Dataset entries
○ ○ ○ ○ ○ ○ ○

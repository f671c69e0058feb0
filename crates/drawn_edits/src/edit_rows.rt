//! Rows of lines with edits. A function whose name begins with `put_` appends to `out`, and returns
//! `Err` if an allocation fails.

ghost use Rattle.std.specs.Prelude.{◌≡◌, ◌+◌, ◌++◌, ◌∷◌, ◌<◌, ◌^◌, ◌==◌, OnOk, false, length, map};
ghost use Rattle.std.specs.Prelude.{string_bytes};
ghost use Rattle.drawn_edits.specs.EditedLines.{seen_line, seen_part};
ghost use Rattle.drawn_edits.specs.Helps.{drawn_pieces, kept_ends, kept_lines, kept_row, kept_rows};
ghost use Rattle.drawn_edits.specs.Helps.{sign_row, sign_rows, spaced_text};
ghost use Rattle.drawn_lines.specs.Frames.{seen_frame};
ghost use Rattle.drawn_lines.specs.Painting.{piece, pieces, pieces_after, plain_text};
ghost use Rattle.drawn_lines.specs.declared.paint.Style.TheVariants.{Plain};

use crate::edited::{Line, Part};
use drawn_lines::{
    Frame, Palette, Style, draws_nothing, has_colours, put_glyphs, put_glyphs_after,
    put_line_number, put_number_bar, put_painted_text, put_reset, put_run, put_sign,
};
use std::alloc::AllocError;

/// Adds parts of a line without their colours.
fn put_plain_parts(out: &mut String, parts: &[Part<'_>]) -> Result<(), AllocError>
    ensures { OnOk result (string_bytes out.new ≡ string_bytes out.old
        ++ plain_text (drawn_pieces (map seen_part parts.now))) }
{
    for part in parts {
        put_glyphs(out, part.text, 0)?;
    }
    Ok(())
}

/// Adds parts of a line in colours, after a sign of this style.
fn put_coloured_parts(
    out: &mut String,
    palette: Palette,
    style: Style,
    sign: &str,
    parts: &[Part<'_>],
) -> Result<(), AllocError>
    requires { (length sign.now == 0) ≡ false }
    ensures { OnOk result (string_bytes out.new ≡ string_bytes out.old
        ++ pieces_after palette Plain (piece style sign.now
        ∷ drawn_pieces (map seen_part parts.now))) }
{
    put_sign(out, palette, style, sign)?;
    let mut last = style;
    for part in parts {
        last = put_glyphs_after(out, palette, last, part.style, part.text)?;
    }
    put_reset(out, last)?;
    Ok(())
}

/// Adds parts of a line, after a sign of this style.
fn put_parts(
    out: &mut String,
    palette: Palette,
    style: Style,
    sign: &str,
    parts: &[Part<'_>],
) -> Result<(), AllocError>
    requires { (length sign.now == 0) ≡ false }
    ensures { OnOk result (string_bytes out.new ≡ string_bytes out.old
        ++ pieces palette (piece style sign.now ∷ drawn_pieces (map seen_part parts.now))) }
{
    if has_colours(palette) {
        return Ok(put_coloured_parts(out, palette, style, sign, parts)?);
    }
    out.push_str(sign)?;
    put_plain_parts(out, parts)?;
    Ok(())
}

/// Adds the row of a line with a number, after a sign of this style.
#[tactic(auto, unfolding(crate::specs::Helps::sign_row))]
pub fn put_sign_row(
    out: &mut String,
    frame: &Frame<'_>,
    style: Style,
    sign: &str,
    number: usize,
    parts: &[Part<'_>],
) -> Result<(), AllocError>
    requires number { number < 2 ^ 61 }
    requires sign { (length sign.now == 0) ≡ false }
    ensures { OnOk result (string_bytes out.new ≡ string_bytes out.old
        ++ sign_row (seen_frame frame.now) style sign.now number (map seen_part parts.now)) }
{
    put_line_number(out, frame, number)?;
    out.push_str(" ")?;
    put_parts(out, frame.gutter.palette, style, sign, parts)?;
    out.push_str("\n")?;
    Ok(())
}

/// Adds the rows of lines after a sign of this style, from a number on.
pub fn put_sign_rows(
    out: &mut String,
    frame: &Frame<'_>,
    style: Style,
    sign: &str,
    number: usize,
    lines: &[Line<'_>],
) -> Result<(), AllocError>
    requires number { number + length lines.now < 2 ^ 61 }
    requires sign { (length sign.now == 0) ≡ false }
    ensures { OnOk result (string_bytes out.new ≡ string_bytes out.old
        ++ sign_rows (seen_frame frame.now) style sign.now number (map seen_line lines.now)) }
{
    for (index, line) in lines.iter().enumerate() {
        put_sign_row(out, frame, style, sign, number + index, &line.parts)?;
    }
    Ok(())
}

/// Returns whether nothing is drawn of parts of a line.
fn draw_nothing(parts: &[Part<'_>]) -> bool
    ensures { result ≡ (length (plain_text (drawn_pieces (map seen_part parts.now))) == 0) }
{
    for part in parts {
        if !draws_nothing(part.text) {
            return false;
        }
    }
    true
}

/// Adds the text after the bar of a line.
fn put_spaced_text(out: &mut String, parts: &[Part<'_>]) -> Result<(), AllocError>
    ensures { OnOk result (string_bytes out.new ≡ string_bytes out.old
        ++ spaced_text (plain_text (drawn_pieces (map seen_part parts.now)))) }
{
    if !draw_nothing(parts) {
        out.push_str(" ")?;
        put_plain_parts(out, parts)?;
    }
    Ok(())
}

/// Adds the row of a line with a number that no edit changes.
#[tactic(auto, unfolding(crate::specs::Helps::kept_row))]
pub fn put_kept_row(
    out: &mut String,
    frame: &Frame<'_>,
    number: usize,
    parts: &[Part<'_>],
) -> Result<(), AllocError>
    requires { number < 2 ^ 61 }
    ensures { OnOk result (string_bytes out.new ≡ string_bytes out.old
        ++ kept_row (seen_frame frame.now) number (map seen_part parts.now)) }
{
    put_number_bar(out, frame, number)?;
    put_spaced_text(out, parts)?;
    out.push_str("\n")?;
    Ok(())
}

/// Adds the rows of such lines, from a number on.
fn put_kept_rows(
    out: &mut String,
    frame: &Frame<'_>,
    number: usize,
    lines: &[Line<'_>],
) -> Result<(), AllocError>
    requires { number + length lines.now < 2 ^ 61 }
    ensures { OnOk result (string_bytes out.new ≡ string_bytes out.old
        ++ kept_rows (seen_frame frame.now) number (map seen_line lines.now)) }
{
    for (index, line) in lines.iter().enumerate() {
        put_kept_row(out, frame, number + index, &line.parts)?;
    }
    Ok(())
}

/// Adds the rows of lines from the number `n` on, and of others from `m` on, and dots between them.
fn put_kept_ends(
    out: &mut String,
    frame: &Frame<'_>,
    n: usize,
    m: usize,
    first: &[Line<'_>],
    last: &[Line<'_>],
) -> Result<(), AllocError>
    requires first { n + length first.now < 2 ^ 61 }
    requires last { m + length last.now < 2 ^ 61 }
    ensures { OnOk result (string_bytes out.new ≡ string_bytes out.old
        ++ kept_ends (seen_frame frame.now) n m (map seen_line first.now)
        (map seen_line last.now)) }
{
    put_kept_rows(out, frame, n, first)?;
    put_run(out, ' ', frame.gutter.columns.saturating_sub(3))?;
    put_painted_text(out, frame.gutter.palette, Style::Secondary, "...")?;
    out.push_str("\n")?;
    put_kept_rows(out, frame, m, last)?;
    Ok(())
}

/// Adds the rows of such lines in front of a changed one: of more than three the first and the last
/// one.
#[tactic(auto, unfolding(crate::specs::Helps::kept_lines))]
pub fn put_kept_lines(
    out: &mut String,
    frame: &Frame<'_>,
    number: usize,
    lines: &[Line<'_>],
) -> Result<(), AllocError>
    requires { number + length lines.now < 2 ^ 61 }
    ensures { OnOk result (string_bytes out.new ≡ string_bytes out.old
        ++ kept_lines (seen_frame frame.now) number (map seen_line lines.now)) }
{
    if lines.len() > 3 {
        let (first, _) = lines.split_at(1);
        let (_, last) = lines.split_at(lines.len() - 1);
        put_kept_ends(out, frame, number, number + (lines.len() - 1), first, last)?;
    } else {
        put_kept_rows(out, frame, number, lines)?;
    }
    Ok(())
}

○ ○ ○ ○ ○ ○ ○

ACTION ITEM - For each record above, output it exactly as written.

OUTPUT FOR THIS TASK -
repository f671c69e0058feb0
filename crates/drawn_edits/src/edit_rows.rt
//! Rows of lines with edits. A function whose name begins with `put_` appends to `out`, and returns
//! `Err` if an allocation fails.

ghost use Rattle.std.specs.Prelude.{◌≡◌, ◌+◌, ◌++◌, ◌∷◌, ◌<◌, ◌^◌, ◌==◌, OnOk, false, length, map};
ghost use Rattle.std.specs.Prelude.{string_bytes};
ghost use Rattle.drawn_edits.specs.EditedLines.{seen_line, seen_part};
ghost use Rattle.drawn_edits.specs.Helps.{drawn_pieces, kept_ends, kept_lines, kept_row, kept_rows};
ghost use Rattle.drawn_edits.specs.Helps.{sign_row, sign_rows, spaced_text};
ghost use Rattle.drawn_lines.specs.Frames.{seen_frame};
ghost use Rattle.drawn_lines.specs.Painting.{piece, pieces, pieces_after, plain_text};
ghost use Rattle.drawn_lines.specs.declared.paint.Style.TheVariants.{Plain};

use crate::edited::{Line, Part};
use drawn_lines::{
    Frame, Palette, Style, draws_nothing, has_colours, put_glyphs, put_glyphs_after,
    put_line_number, put_number_bar, put_painted_text, put_reset, put_run, put_sign,
};
use std::alloc::AllocError;

/// Adds parts of a line without their colours.
fn put_plain_parts(out: &mut String, parts: &[Part<'_>]) -> Result<(), AllocError>
    ensures { OnOk result (string_bytes out.new ≡ string_bytes out.old
        ++ plain_text (drawn_pieces (map seen_part parts.now))) }
{
    for part in parts {
        put_glyphs(out, part.text, 0)?;
    }
    Ok(())
}

/// Adds parts of a line in colours, after a sign of this style.
fn put_coloured_parts(
    out: &mut String,
    palette: Palette,
    style: Style,
    sign: &str,
    parts: &[Part<'_>],
) -> Result<(), AllocError>
    requires { (length sign.now == 0) ≡ false }
    ensures { OnOk result (string_bytes out.new ≡ string_bytes out.old
        ++ pieces_after palette Plain (piece style sign.now
        ∷ drawn_pieces (map seen_part parts.now))) }
{
    put_sign(out, palette, style, sign)?;
    let mut last = style;
    for part in parts {
        last = put_glyphs_after(out, palette, last, part.style, part.text)?;
    }
    put_reset(out, last)?;
    Ok(())
}

/// Adds parts of a line, after a sign of this style.
fn put_parts(
    out: &mut String,
    palette: Palette,
    style: Style,
    sign: &str,
    parts: &[Part<'_>],
) -> Result<(), AllocError>
    requires { (length sign.now == 0) ≡ false }
    ensures { OnOk result (string_bytes out.new ≡ string_bytes out.old
        ++ pieces palette (piece style sign.now ∷ drawn_pieces (map seen_part parts.now))) }
{
    if has_colours(palette) {
        return Ok(put_coloured_parts(out, palette, style, sign, parts)?);
    }
    out.push_str(sign)?;
    put_plain_parts(out, parts)?;
    Ok(())
}

/// Adds the row of a line with a number, after a sign of this style.
#[tactic(auto, unfolding(crate::specs::Helps::sign_row))]
pub fn put_sign_row(
    out: &mut String,
    frame: &Frame<'_>,
    style: Style,
    sign: &str,
    number: usize,
    parts: &[Part<'_>],
) -> Result<(), AllocError>
    requires number { number < 2 ^ 61 }
    requires sign { (length sign.now == 0) ≡ false }
    ensures { OnOk result (string_bytes out.new ≡ string_bytes out.old
        ++ sign_row (seen_frame frame.now) style sign.now number (map seen_part parts.now)) }
{
    put_line_number(out, frame, number)?;
    out.push_str(" ")?;
    put_parts(out, frame.gutter.palette, style, sign, parts)?;
    out.push_str("\n")?;
    Ok(())
}

/// Adds the rows of lines after a sign of this style, from a number on.
pub fn put_sign_rows(
    out: &mut String,
    frame: &Frame<'_>,
    style: Style,
    sign: &str,
    number: usize,
    lines: &[Line<'_>],
) -> Result<(), AllocError>
    requires number { number + length lines.now < 2 ^ 61 }
    requires sign { (length sign.now == 0) ≡ false }
    ensures { OnOk result (string_bytes out.new ≡ string_bytes out.old
        ++ sign_rows (seen_frame frame.now) style sign.now number (map seen_line lines.now)) }
{
    for (index, line) in lines.iter().enumerate() {
        put_sign_row(out, frame, style, sign, number + index, &line.parts)?;
    }
    Ok(())
}

/// Returns whether nothing is drawn of parts of a line.
fn draw_nothing(parts: &[Part<'_>]) -> bool
    ensures { result ≡ (length (plain_text (drawn_pieces (map seen_part parts.now))) == 0) }
{
    for part in parts {
        if !draws_nothing(part.text) {
            return false;
        }
    }
    true
}

/// Adds the text after the bar of a line.
fn put_spaced_text(out: &mut String, parts: &[Part<'_>]) -> Result<(), AllocError>
    ensures { OnOk result (string_bytes out.new ≡ string_bytes out.old
        ++ spaced_text (plain_text (drawn_pieces (map seen_part parts.now)))) }
{
    if !draw_nothing(parts) {
        out.push_str(" ")?;
        put_plain_parts(out, parts)?;
    }
    Ok(())
}

/// Adds the row of a line with a number that no edit changes.
#[tactic(auto, unfolding(crate::specs::Helps::kept_row))]
pub fn put_kept_row(
    out: &mut String,
    frame: &Frame<'_>,
    number: usize,
    parts: &[Part<'_>],
) -> Result<(), AllocError>
    requires { number < 2 ^ 61 }
    ensures { OnOk result (string_bytes out.new ≡ string_bytes out.old
        ++ kept_row (seen_frame frame.now) number (map seen_part parts.now)) }
{
    put_number_bar(out, frame, number)?;
    put_spaced_text(out, parts)?;
    out.push_str("\n")?;
    Ok(())
}

/// Adds the rows of such lines, from a number on.
fn put_kept_rows(
    out: &mut String,
    frame: &Frame<'_>,
    number: usize,
    lines: &[Line<'_>],
) -> Result<(), AllocError>
    requires { number + length lines.now < 2 ^ 61 }
    ensures { OnOk result (string_bytes out.new ≡ string_bytes out.old
        ++ kept_rows (seen_frame frame.now) number (map seen_line lines.now)) }
{
    for (index, line) in lines.iter().enumerate() {
        put_kept_row(out, frame, number + index, &line.parts)?;
    }
    Ok(())
}

/// Adds the rows of lines from the number `n` on, and of others from `m` on, and dots between them.
fn put_kept_ends(
    out: &mut String,
    frame: &Frame<'_>,
    n: usize,
    m: usize,
    first: &[Line<'_>],
    last: &[Line<'_>],
) -> Result<(), AllocError>
    requires first { n + length first.now < 2 ^ 61 }
    requires last { m + length last.now < 2 ^ 61 }
    ensures { OnOk result (string_bytes out.new ≡ string_bytes out.old
        ++ kept_ends (seen_frame frame.now) n m (map seen_line first.now)
        (map seen_line last.now)) }
{
    put_kept_rows(out, frame, n, first)?;
    put_run(out, ' ', frame.gutter.columns.saturating_sub(3))?;
    put_painted_text(out, frame.gutter.palette, Style::Secondary, "...")?;
    out.push_str("\n")?;
    put_kept_rows(out, frame, m, last)?;
    Ok(())
}

/// Adds the rows of such lines in front of a changed one: of more than three the first and the last
/// one.
#[tactic(auto, unfolding(crate::specs::Helps::kept_lines))]
pub fn put_kept_lines(
    out: &mut String,
    frame: &Frame<'_>,
    number: usize,
    lines: &[Line<'_>],
) -> Result<(), AllocError>
    requires { number + length lines.now < 2 ^ 61 }
    ensures { OnOk result (string_bytes out.new ≡ string_bytes out.old
        ++ kept_lines (seen_frame frame.now) number (map seen_line lines.now)) }
{
    if lines.len() > 3 {
        let (first, _) = lines.split_at(1);
        let (_, last) = lines.split_at(lines.len() - 1);
        put_kept_ends(out, frame, number, number + (lines.len() - 1), first, last)?;
    } else {
        put_kept_rows(out, frame, number, lines)?;
    }
    Ok(())
}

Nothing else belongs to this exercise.